(Stored dataset items)
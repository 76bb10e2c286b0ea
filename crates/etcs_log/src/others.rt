//! Another item before the item of a line.

ghost use Rattle.std.specs.Prelude.{◌*◌, ◌≤◌, ℕ, Bool, List, IfOk, length};
ghost use Rattle.etcs_runs.specs.Answers.{Says};
ghost use Rattle.etcs_runs.specs.Digits.{text_digits};
ghost use Rattle.etcs_runs.specs.RunTexts.{runs_from};
ghost use Rattle.etcs_log.specs.Candidates.{candidates, last_candidate, message_candidate, text_candidates, where_asked, whole_candidate};
ghost use Rattle.etcs_log.specs.Reports.{IsCountBefore, IsCountOf};

use crate::byte_count::ByteCount;
use crate::kinds::{Kinds, may_have, telegram_bytes};
use etcs_reasons::inner::{are_bits, is_item, packed};
use etcs_runs::Run;
use etcs_text::Kind;
use std::alloc::{AllocError, Global};

/// How many bytes these are, if the kind is asked for and they are an item of it.
///
/// # Errors
///
/// If memory runs out.
fn find(
    alloc: Global,
    asked: bool,
    kind: Kind,
    bytes: &[u8],
) -> Result<Option<ByteCount>, AllocError>
    ensures { (is_last : Bool) (text : List ℕ) → IfOk result (IsCountOf (where_asked asked kind is_last text bytes.now)) }
{
    if !asked {
        return Ok(None);
    }
    if !may_have(kind, bytes.len()) {
        return Ok(None);
    }
    if !is_item(alloc, kind, bytes)? {
        return Ok(None);
    }
    Ok(Some(ByteCount::of(true, bytes)))
}

/// The same of all bytes of a run, or of their bits, as a telegram.
///
/// # Errors
///
/// If memory runs out.
fn find_whole(
    alloc: Global,
    kinds: Kinds,
    kind: Kind,
    bytes: &[u8],
) -> Result<Option<ByteCount>, AllocError>
    ensures { (text : List ℕ) → IfOk result (IsCountOf (whole_candidate kinds kind text bytes.now)) }
{
    if are_bits(kind, bytes) {
        let packed = packed(bytes);
        return find(
            alloc,
            kinds.contains(kind),
            kind,
            &packed[..telegram_bytes(kind)],
        );
    }
    find(alloc, kinds.contains(kind), kind, bytes)
}

/// The same of the last bytes of a run, if there are more.
///
/// # Errors
///
/// If memory runs out.
fn find_last(
    alloc: Global,
    kinds: Kinds,
    kind: Kind,
    bytes: &[u8],
) -> Result<Option<ByteCount>, AllocError>
    ensures { (text : List ℕ) → IfOk result (IsCountOf (last_candidate kinds kind text bytes.now)) }
{
    let count = telegram_bytes(kind);
    if bytes.len() <= count {
        return Ok(None);
    }
    find(
        alloc,
        kinds.contains(kind),
        kind,
        &bytes[bytes.len() - count..],
    )
}

/// How many bytes the first candidate has that is an item. Not inlined, so that the bits of digits are on the stack only here.
///
/// # Errors
///
/// If memory runs out.
#[inline(never)]
fn item_in(alloc: Global, kinds: Kinds, bytes: &[u8]) -> Result<Option<ByteCount>, AllocError>
    ensures { (text : List ℕ) → IfOk result (IsCountOf (candidates kinds text bytes.now)) }
{
    if let Some(count) = find_whole(alloc, kinds, Kind::Long, bytes)? {
        return Ok(Some(count));
    }
    if let Some(count) = find_whole(alloc, kinds, Kind::Short, bytes)? {
        return Ok(Some(count));
    }
    let asked = kinds.asks_message(bytes);
    if let Some(count) = find(alloc, asked, kinds.message_way(bytes), bytes)? {
        return Ok(Some(count));
    }
    if let Some(count) = find_last(alloc, kinds, Kind::Long, bytes)? {
        return Ok(Some(count));
    }
    find_last(alloc, kinds, Kind::Short, bytes)
}

/// How many bytes an item of a run has, whose bytes are at the end of the buffer.
///
/// # Errors
///
/// If memory runs out.
fn item_of(
    alloc: Global,
    kinds: Kinds,
    run: &Run<'_>,
    buffer: &[u8],
) -> Result<Option<ByteCount>, AllocError>
    requires { Says (text_digits run.now.text.now) run.now.bytes buffer.now }
    ensures { IfOk result (IsCountOf (text_candidates kinds run.now.text.now)) }
{
    match run.bytes {
        Ok(count) => item_in(alloc, kinds, &buffer[buffer.len() - count..]),
        Err(_) => Ok(None),
    }
}

/// How many bytes the next item before a run has, if there is one.
///
/// # Errors
///
/// If memory runs out.
pub(crate) fn item_before(
    alloc: Global,
    kinds: Kinds,
    run: &Run<'_>,
    buffer: &mut [u8],
) -> Result<Option<ByteCount>, AllocError>
    requires { length run.now.text.now ≤ 2 * length buffer.old }
    ensures { IfOk result (IsCountBefore kinds (runs_from run.now)) }
{
    let mut next = run.before(buffer);
    'runs: while let Some(earlier) = next {
        if let Some(count) = item_of(alloc, kinds, &earlier, buffer)? {
            return Ok(Some(count));
        }
        next = earlier.before(buffer);
    }
    Ok(None)
}
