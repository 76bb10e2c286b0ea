//! What a log has so far.

use crate::job::LogTally;
use etcs_group::Groups;

/// How its lines are counted, and the groups of its telegrams, if they are asked for.
#[derive(Drop)]
pub(crate) struct Seen {
    pub(crate) tally: LogTally,
    pub(crate) groups: Groups,
}
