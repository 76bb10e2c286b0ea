//! What is reported of each line. After an error, part of what is written of a line may be there.

ghost use Rattle.std.specs.Prelude.{◌≡◌, ◌+◌, ◌*◌, ◌<◌, ◌≤◌, ◌^◌, ◌++◌, ◌∷◌, ℕ, List, [], None, IfOk, OnOk, length};
ghost use Rattle.etcs_runs.specs.Answers.{Says};
ghost use Rattle.etcs_runs.specs.Digits.{text_digits};
ghost use Rattle.etcs_runs.specs.RunTexts.{runs_from};
ghost use Rattle.etcs_text.specs.Entries.{entry_value};
ghost use Rattle.etcs_log.specs.Candidates.{AreNone, candidates, last_candidate, last_candidates, line_candidates, message_candidate, named, text_candidates, trial, whole_candidate, whole_candidates};
ghost use Rattle.etcs_log.specs.LogGroups.{Holds};
ghost use Rattle.etcs_log.specs.Logs.{Answered, AnotherSaid, Counted, CountsText, EndText, GroupsText, Noted, TextsAnswered, bad, item, lines_in, no_lines, other, reported};
ghost use Rattle.etcs_log.specs.Reports.{AreReports};
ghost use Rattle.etcs_log.specs.Texts.{item_front};
ghost use Rattle.etcs_log.specs.Tries.{Tries};
ghost use Rattle.etcs_log.specs.Values.{bytes_text, digits_line};

use crate::counts::{Counts, write_tally};
use crate::job::{Good, LogJob, LogTally};
use crate::json_lines::write_json_item;
use crate::kinds::{Kinds, kind_name, may_have, telegram_bytes};
use crate::notes::{Note, write_note};
use crate::others::item_before;
use crate::readers::Readers;
use crate::reports::Reports;
use crate::seen::Seen;
use etcs_group::Groups;
use etcs_packet_text::inner::append_digits;
use etcs_reasons::inner::{are_bits, is_item, packed};
use etcs_runs::Run;
use etcs_text::{Entry, Kind, Verdict};
use std::alloc::{AllocError, Global};

/// Appends what a kind is called and a blank, if there are several kinds.
///
/// # Errors
///
/// If memory runs out.
fn write_front(kinds: Kinds, kind: Kind, out: &mut Vec<u8>) -> Result<(), AllocError>
    ensures { OnOk result (out.new.items ≡ out.old.items ++ named kinds kind) }
{
    if !kinds.several() {
        return Ok(());
    }
    out.extend_from_slice(kind_name(kind).as_bytes())?;
    out.extend_from_slice(b" ")
}

/// Appends the line of a good item.
///
/// # Errors
///
/// If memory runs out.
#[tactic(auto, using(std::proofs::Common::append_assoc))]
fn write_good(kinds: Kinds, kind: Kind, bytes: &[u8], out: &mut Vec<u8>) -> Result<(), AllocError>
    ensures { OnOk result (out.new.items ≡ out.old.items ++ digits_line kinds kind bytes.now) }
{
    write_front(kinds, kind, out)?;
    append_digits(bytes, out)
}

/// What is before the digits of bytes of a run: of its last ones, this many, or of all.
fn item_front<'a>(run: &Run<'a>, is_last: bool, count: usize) -> &'a [u8]
    requires { count < 2 ^ 63 }
    ensures { result.now ≡ item_front is_last count run.now.text.now }
{
    if is_last {
        run.front_of(count)
    } else {
        run.front()
    }
}

/// Reports what lines are, and counts them.
#[derive(Drop)]
pub(crate) struct Answers {
    pub(crate) job: LogJob,
    /// How many lines were read.
    pub(crate) line: u64,
    pub(crate) seen: Seen,
    readers: Readers,
    counts: Counts,
    words: String,
    /// What is reported of other lines, if good ones are written.
    pub(crate) notes: Vec<u8>,
}
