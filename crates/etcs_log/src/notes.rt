//! What is reported of a line that is no item.

ghost use Rattle.std.specs.Prelude.{◌≡◌, ◌++◌, OnOk, Some, string_bytes, take};
ghost use Rattle.std.specs.Fmt.{WritesOnOk};
ghost use Rattle.etcs_bits.specs.Bits.{bits};
ghost use Rattle.etcs_vars.specs.Reading.{readings_of};
ghost use Rattle.etcs_rows.specs.Refusals.{FindsRefusal};
ghost use Rattle.etcs_text.specs.Entries.{EntryReads};
ghost use Rattle.etcs_log.specs.Candidates.{whole_bytes};
ghost use Rattle.etcs_log.specs.Logs.{IsBytesNote, other_note};
ghost use Rattle.etcs_log.specs.Notes.{label, note_text, other_bits_words, other_words, reason};

use crate::byte_count::{ByteCount, plural};
use crate::job::Good;
use crate::kinds::{Kinds, has_length, says_length, telegram_bytes};
use crate::members::write_members;
use crate::needs::{Needs, needs_of};
use etcs_reasons::inner::{are_bits, packed};
use etcs_rows::Refusal;
use etcs_text::Kind;
use etcs_text::inner::refusal_at;
use std::alloc::AllocError;
use std::fmt;

/// Why a line is no item.
#[derive(Drop)]
pub(crate) enum Note {
    /// It has more than 1,048,576 characters.
    TooLong,
    /// It doesn't end with digits.
    NoDigits,
    /// It ends with this number of digits, which is odd.
    OddDigits(usize),
    /// It has this number of bytes, but an item needs another.
    Bytes(Needs, ByteCount),
    /// Its bytes, or the bits that its digits are, are refused as an item of this kind.
    Refused(Kind, Refusal),
    /// It has this number of bytes, which only items of a kind that isn't asked for have.
    Other(ByteCount),
    /// It has the bits of a telegram of this kind, which isn't asked for.
    OtherBits(Kind),
    /// It has an item, and before that another one of this number of bytes.
    Another(ByteCount),
}

/// Which items have this number of bytes.
fn other_words(count: usize) -> &'static str
    ensures { result.now ≡ other_words count }
{
    match count {
        104 => ", as a long telegram has",
        27 => ", as a short telegram has",
        _ => ", as a radio message whose L_MESSAGE says so",
    }
}

/// Which telegram has as many bits.
fn other_bits_words(kind: Kind) -> &'static str
    ensures { result.now ≡ other_bits_words kind }
{
    match kind {
        Kind::Long => "830 bits, as a long telegram has",
        Kind::Short => "210 bits, as a short telegram has",
        Kind::Radio | Kind::Train => "",
    }
}

impl fmt::Display for Note {
    ghost output = { λ note. Some (reason note) };

    #[tactic(auto, using(std::proofs::Common::append_assoc), unfolding(crate::specs::Notes::reason))]
    fn fmt<W: fmt::Write>(&self, f: &mut fmt::Formatter<W>) -> fmt::Result {
        match self {
            Note::TooLong => f.write_str("line longer than 1,048,576 characters"),
            Note::NoDigits => f.write_str("no hexadecimal digits at its end"),
            Note::OddDigits(count) => {
                write!(f, "{count} digit{}, an odd number", plural(*count))
            }
            Note::Bytes(needs, count) => write!(f, "{count}{needs}"),
            Note::Refused(_, refusal) => write!(f, "{refusal}"),
            Note::Other(count) => write!(f, "{count}{}", other_words(count.count)),
            Note::OtherBits(kind) => f.write_str(other_bits_words(*kind)),
            Note::Another(count) => write!(f, "another item before it: {count}"),
        }
    }
}

/// The first kind of those asked for that has items of as many bytes, or of as many bits as there are digits.
fn kind_of_length(kinds: Kinds, bytes: &[u8]) -> Option<Kind> {
    if kinds.long && has_length(Kind::Long, bytes) {
        return Some(Kind::Long);
    }
    if kinds.short && has_length(Kind::Short, bytes) {
        return Some(Kind::Short);
    }
    if kinds.asks_message(bytes) && says_length(bytes) {
        return Some(kinds.message_way(bytes));
    }
    None
}

/// Why these bytes, or the bits that their digits are, are no item of the kind, if a bit is refused.
fn refusal_of(kind: Kind, bytes: &[u8]) -> Option<Refusal>
    ensures { FindsRefusal (readings_of (EntryReads kind)) (take 8184 (bits (whole_bytes kind bytes.now))) result }
{
    if are_bits(kind, bytes) {
        return refusal_at(kind, &packed(bytes)[..telegram_bytes(kind)]);
    }
    refusal_at(kind, bytes)
}

/// Why these bytes are no item of the kinds: why the first kind that has this number of bytes refuses them; if none has, how
/// many there are, and the first of them if they are named.
pub(crate) fn note_of(kinds: Kinds, named: bool, bytes: &[u8]) -> Note
    ensures { IsBytesNote kinds named bytes.now result }
{
    if let Some(kind) = kind_of_length(kinds, bytes) {
        // there always is one: of a length that the kind has, bytes that are no item are refused
        if let Some(refusal) = refusal_of(kind, bytes) {
            return Note::Refused(kind, refusal);
        }
    }
    Note::Bytes(needs_of(kinds, bytes), ByteCount::of(named, bytes))
}

/// What is reported of bytes of another kind: how many they are, or the bits that their digits are.
pub(crate) fn other_note(named: bool, bytes: &[u8]) -> Note
    ensures { result ≡ other_note named bytes.now }
{
    if are_bits(Kind::Long, bytes) {
        return Note::OtherBits(Kind::Long);
    }
    if are_bits(Kind::Short, bytes) {
        return Note::OtherBits(Kind::Short);
    }
    Note::Other(ByteCount::of(named, bytes))
}

/// Appends where the line is refused, or that it isn't bad.
///
/// # Errors
///
/// If memory runs out.
#[tactic(auto, using(std::proofs::Common::append_assoc), unfolding(crate::specs::Notes::label))]
fn write_label(note: &Note, out: &mut String) -> Result<(), AllocError>
    ensures { OnOk result (string_bytes out.new ≡ string_bytes out.old ++ label note.now) }
{
    match note {
        Note::TooLong
        | Note::NoDigits
        | Note::OddDigits(_)
        | Note::Bytes(_, _)
        | Note::Another(_) => Ok(()),
        Note::Refused(_, refusal) => {
            write!(out, "refused at bit {}, {}: ", refusal.bit, refusal.var)
        }
        Note::Other(_) | Note::OtherBits(_) => out.push_str("other: "),
    }
}

/// Appends the note of the line of this number: an object if good lines are written as JSON, and else words.
///
/// # Errors
///
/// If memory runs out. A part of the text may then be in `out`.
#[tactic(auto, using(std::proofs::Common::append_assoc), unfolding(crate::specs::Notes::note_text, crate::specs::Notes::plain_text))]
pub(crate) fn write_note(
    good: Good,
    number: u64,
    note: &Note,
    out: &mut String,
) -> Result<(), AllocError>
    ensures { OnOk result (string_bytes out.new ≡ string_bytes out.old ++ note_text good number note.now) }
{
    match good {
        Good::Json => {
            write!(out, "{{\"line\":{number}")?;
            write_members(note, out)?;
            write!(out, ",\"reason\":\"{note}\"}}\n")
        }
        Good::Left | Good::Digits => {
            write!(out, "line {number}: ")?;
            write_label(note, out)?;
            writeln!(out, "{note}")
        }
    }
}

● **Exercise details**
All that is wanted is a faithful reproduction of the line above with "fn fmt<W: fmt::Write>(&self, f: &mut", the line with "return Some(Kind::Long);", and every line in between.

● **Task answer**
    fn fmt<W: fmt::Write>(&self, f: &mut fmt::Formatter<W>) -> fmt::Result {
        match self {
            Note::TooLong => f.write_str("line longer than 1,048,576 characters"),
            Note::NoDigits => f.write_str("no hexadecimal digits at its end"),
            Note::OddDigits(count) => {
                write!(f, "{count} digit{}, an odd number", plural(*count))
            }
            Note::Bytes(needs, count) => write!(f, "{count}{needs}"),
            Note::Refused(_, refusal) => write!(f, "{refusal}"),
            Note::Other(count) => write!(f, "{count}{}", other_words(count.count)),
            Note::OtherBits(kind) => f.write_str(other_bits_words(*kind)),
            Note::Another(count) => write!(f, "another item before it: {count}"),
        }
    }
}

/// The first kind of those asked for that has items of as many bytes, or of as many bits as there are digits.
fn kind_of_length(kinds: Kinds, bytes: &[u8]) -> Option<Kind> {
    if kinds.long && has_length(Kind::Long, bytes) {
        return Some(Kind::Long);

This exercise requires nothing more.